## Available data
------------------------------------------------------------
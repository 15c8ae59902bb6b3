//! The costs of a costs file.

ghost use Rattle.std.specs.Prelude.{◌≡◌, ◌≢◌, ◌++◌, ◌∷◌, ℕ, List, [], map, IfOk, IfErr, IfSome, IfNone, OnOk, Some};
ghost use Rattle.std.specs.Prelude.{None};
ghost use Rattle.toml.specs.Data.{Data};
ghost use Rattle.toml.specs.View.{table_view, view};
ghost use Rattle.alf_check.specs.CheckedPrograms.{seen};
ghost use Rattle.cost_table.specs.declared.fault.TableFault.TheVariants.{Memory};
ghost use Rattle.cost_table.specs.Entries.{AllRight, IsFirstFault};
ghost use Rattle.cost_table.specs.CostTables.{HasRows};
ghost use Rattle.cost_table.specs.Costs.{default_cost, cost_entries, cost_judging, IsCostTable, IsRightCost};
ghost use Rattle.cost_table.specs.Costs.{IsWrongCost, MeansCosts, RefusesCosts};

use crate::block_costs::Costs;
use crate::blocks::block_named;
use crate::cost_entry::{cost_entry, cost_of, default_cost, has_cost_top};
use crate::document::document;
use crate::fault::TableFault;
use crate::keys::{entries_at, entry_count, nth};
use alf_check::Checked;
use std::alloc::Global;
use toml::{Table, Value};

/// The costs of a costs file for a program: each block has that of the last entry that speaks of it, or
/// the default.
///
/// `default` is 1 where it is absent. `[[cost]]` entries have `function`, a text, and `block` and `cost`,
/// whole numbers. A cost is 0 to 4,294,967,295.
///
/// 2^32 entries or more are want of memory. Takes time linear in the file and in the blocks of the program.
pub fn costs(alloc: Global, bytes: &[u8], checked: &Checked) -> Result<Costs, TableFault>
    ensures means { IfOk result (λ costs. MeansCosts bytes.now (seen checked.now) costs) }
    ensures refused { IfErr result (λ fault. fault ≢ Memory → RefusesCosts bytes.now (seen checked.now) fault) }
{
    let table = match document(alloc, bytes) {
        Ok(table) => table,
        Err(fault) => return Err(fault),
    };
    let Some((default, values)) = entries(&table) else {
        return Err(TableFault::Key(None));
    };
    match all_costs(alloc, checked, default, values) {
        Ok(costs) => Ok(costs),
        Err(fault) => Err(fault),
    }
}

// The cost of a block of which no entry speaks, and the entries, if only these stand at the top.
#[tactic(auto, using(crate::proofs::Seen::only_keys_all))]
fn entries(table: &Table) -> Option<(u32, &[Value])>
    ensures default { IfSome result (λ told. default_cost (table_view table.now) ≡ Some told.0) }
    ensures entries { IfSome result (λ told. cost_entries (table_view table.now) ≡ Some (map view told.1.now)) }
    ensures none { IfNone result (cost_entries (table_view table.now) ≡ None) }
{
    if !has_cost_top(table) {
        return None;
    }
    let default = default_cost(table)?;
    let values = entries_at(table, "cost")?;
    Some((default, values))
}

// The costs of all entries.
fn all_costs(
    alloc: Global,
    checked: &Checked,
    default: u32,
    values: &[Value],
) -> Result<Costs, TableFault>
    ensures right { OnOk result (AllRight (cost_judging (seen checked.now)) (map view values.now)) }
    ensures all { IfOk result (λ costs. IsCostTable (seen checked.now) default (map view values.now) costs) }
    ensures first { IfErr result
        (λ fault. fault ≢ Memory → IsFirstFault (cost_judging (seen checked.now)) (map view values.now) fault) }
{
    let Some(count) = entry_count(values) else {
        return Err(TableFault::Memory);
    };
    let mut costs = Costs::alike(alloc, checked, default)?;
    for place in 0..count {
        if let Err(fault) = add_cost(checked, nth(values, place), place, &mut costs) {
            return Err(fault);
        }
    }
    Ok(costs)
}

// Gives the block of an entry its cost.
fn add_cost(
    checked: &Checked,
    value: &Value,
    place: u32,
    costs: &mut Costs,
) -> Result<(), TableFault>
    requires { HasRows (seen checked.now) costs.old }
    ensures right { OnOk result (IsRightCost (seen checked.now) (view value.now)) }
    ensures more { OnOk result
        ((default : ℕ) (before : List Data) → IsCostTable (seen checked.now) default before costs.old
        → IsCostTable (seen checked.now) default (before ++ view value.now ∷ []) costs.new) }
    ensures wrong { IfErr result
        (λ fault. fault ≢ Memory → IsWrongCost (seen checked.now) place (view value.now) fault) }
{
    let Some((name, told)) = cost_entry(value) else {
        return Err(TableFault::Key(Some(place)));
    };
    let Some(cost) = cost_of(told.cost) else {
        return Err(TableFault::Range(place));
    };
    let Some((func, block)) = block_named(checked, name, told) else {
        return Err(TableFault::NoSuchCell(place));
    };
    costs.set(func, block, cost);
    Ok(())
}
------------------------------------------------------------
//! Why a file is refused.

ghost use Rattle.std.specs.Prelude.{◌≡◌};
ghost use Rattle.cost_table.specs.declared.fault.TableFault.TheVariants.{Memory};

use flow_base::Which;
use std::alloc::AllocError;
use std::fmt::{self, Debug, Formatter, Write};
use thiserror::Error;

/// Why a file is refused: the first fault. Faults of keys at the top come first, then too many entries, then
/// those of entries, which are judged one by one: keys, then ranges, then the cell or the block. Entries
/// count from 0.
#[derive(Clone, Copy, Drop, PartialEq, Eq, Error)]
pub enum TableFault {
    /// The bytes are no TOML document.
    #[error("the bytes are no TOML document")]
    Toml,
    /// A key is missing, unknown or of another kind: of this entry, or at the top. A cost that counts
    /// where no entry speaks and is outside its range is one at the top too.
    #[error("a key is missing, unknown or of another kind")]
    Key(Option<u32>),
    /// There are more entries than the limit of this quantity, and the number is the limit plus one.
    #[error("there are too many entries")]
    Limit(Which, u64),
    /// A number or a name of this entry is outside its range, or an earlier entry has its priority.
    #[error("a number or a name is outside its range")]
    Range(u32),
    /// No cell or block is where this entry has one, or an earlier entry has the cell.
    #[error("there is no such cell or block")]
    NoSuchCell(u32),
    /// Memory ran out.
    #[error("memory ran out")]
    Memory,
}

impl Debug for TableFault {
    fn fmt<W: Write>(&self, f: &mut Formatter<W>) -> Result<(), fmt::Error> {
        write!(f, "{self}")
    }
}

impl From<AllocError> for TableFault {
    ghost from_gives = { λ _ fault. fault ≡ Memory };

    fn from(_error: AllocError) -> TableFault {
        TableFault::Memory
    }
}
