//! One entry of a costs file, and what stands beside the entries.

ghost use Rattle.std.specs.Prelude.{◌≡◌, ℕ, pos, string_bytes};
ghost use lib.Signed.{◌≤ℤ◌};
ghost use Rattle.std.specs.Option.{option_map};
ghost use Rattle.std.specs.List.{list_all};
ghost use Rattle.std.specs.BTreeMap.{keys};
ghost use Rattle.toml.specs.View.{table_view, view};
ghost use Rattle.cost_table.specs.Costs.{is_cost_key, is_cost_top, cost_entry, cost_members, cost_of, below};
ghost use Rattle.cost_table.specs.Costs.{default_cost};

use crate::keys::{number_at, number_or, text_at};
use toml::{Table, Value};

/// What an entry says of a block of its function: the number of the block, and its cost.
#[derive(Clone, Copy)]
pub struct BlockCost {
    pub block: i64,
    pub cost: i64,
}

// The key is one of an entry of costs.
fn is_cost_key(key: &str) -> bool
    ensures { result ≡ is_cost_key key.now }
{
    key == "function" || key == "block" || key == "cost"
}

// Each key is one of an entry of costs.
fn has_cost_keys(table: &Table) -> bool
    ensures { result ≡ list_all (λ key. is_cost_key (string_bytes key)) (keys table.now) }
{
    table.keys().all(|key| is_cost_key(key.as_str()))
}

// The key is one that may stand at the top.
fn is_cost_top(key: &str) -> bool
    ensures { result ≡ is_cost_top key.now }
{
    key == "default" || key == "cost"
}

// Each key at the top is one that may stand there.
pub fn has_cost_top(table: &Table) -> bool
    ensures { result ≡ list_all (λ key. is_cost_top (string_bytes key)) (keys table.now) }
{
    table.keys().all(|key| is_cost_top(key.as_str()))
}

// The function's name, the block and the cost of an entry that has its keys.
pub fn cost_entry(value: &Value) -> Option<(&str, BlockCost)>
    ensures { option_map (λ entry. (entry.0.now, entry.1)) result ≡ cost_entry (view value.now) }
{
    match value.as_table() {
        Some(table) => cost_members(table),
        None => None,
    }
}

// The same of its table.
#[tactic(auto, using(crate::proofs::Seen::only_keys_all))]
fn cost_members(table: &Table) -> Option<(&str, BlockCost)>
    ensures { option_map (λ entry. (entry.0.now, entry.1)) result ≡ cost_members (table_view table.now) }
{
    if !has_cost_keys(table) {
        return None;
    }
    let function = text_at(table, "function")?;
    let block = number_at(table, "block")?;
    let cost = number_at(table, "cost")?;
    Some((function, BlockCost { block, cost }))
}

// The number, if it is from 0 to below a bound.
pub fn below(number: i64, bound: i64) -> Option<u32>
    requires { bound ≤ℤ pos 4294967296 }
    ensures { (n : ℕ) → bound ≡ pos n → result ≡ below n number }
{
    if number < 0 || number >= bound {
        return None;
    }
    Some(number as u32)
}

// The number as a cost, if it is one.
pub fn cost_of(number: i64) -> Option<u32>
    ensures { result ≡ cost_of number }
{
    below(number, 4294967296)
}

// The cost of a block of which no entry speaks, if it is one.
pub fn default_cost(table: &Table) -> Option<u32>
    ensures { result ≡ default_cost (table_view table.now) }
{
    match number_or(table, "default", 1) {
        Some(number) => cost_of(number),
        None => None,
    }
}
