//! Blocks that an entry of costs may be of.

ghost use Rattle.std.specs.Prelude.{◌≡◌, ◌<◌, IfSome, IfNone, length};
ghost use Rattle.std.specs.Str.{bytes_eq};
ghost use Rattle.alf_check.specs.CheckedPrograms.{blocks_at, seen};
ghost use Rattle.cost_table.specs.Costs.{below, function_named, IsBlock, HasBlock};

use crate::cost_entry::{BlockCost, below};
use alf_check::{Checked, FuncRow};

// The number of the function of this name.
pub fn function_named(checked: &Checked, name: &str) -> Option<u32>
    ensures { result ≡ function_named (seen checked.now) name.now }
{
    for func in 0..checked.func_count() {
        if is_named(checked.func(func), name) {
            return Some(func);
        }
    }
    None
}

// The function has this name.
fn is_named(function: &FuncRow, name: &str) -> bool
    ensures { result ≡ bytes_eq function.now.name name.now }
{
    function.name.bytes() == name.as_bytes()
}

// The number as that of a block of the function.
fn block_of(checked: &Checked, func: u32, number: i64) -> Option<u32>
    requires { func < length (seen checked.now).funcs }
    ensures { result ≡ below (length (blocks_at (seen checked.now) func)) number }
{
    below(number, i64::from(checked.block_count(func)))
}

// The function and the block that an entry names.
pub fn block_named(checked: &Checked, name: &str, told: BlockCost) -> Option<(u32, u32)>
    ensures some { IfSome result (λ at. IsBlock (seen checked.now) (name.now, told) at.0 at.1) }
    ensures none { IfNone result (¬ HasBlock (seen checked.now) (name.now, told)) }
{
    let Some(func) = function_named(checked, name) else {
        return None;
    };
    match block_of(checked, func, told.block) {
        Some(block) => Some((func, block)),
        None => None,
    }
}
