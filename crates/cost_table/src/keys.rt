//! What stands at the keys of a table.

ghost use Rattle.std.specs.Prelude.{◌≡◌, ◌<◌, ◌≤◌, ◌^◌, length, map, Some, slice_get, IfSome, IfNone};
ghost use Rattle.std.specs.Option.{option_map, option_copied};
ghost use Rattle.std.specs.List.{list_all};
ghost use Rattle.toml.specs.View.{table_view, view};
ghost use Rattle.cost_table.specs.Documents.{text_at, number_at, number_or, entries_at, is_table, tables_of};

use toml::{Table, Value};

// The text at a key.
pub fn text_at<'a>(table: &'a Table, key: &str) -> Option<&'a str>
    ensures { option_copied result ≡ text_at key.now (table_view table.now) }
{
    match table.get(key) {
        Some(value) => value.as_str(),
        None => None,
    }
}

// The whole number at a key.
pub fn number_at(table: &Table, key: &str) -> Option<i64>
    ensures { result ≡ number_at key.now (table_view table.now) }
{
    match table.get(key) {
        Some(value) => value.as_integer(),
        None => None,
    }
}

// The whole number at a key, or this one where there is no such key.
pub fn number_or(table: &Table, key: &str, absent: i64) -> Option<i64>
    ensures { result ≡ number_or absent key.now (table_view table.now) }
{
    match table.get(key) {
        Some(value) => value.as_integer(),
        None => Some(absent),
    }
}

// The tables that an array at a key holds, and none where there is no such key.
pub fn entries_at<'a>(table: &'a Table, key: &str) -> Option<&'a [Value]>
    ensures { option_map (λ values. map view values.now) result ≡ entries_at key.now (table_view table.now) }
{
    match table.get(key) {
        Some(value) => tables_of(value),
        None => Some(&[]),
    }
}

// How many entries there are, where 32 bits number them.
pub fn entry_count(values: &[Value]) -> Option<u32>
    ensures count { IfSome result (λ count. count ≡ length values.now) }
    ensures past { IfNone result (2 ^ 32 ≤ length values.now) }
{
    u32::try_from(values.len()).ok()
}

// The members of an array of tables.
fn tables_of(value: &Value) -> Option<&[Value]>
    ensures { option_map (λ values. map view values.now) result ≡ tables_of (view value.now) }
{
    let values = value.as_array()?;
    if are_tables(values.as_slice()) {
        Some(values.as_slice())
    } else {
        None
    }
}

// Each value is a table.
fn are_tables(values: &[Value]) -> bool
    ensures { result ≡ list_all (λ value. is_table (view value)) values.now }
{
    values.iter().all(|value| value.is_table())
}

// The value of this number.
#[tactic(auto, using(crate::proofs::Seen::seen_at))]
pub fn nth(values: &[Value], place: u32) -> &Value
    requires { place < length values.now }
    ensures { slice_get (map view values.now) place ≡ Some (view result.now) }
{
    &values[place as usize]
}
------------------------------------------------------------
## What the exercise asks
From the material above, tally every line that includes the word "bool" and state the count only.

## Solution for this problem
6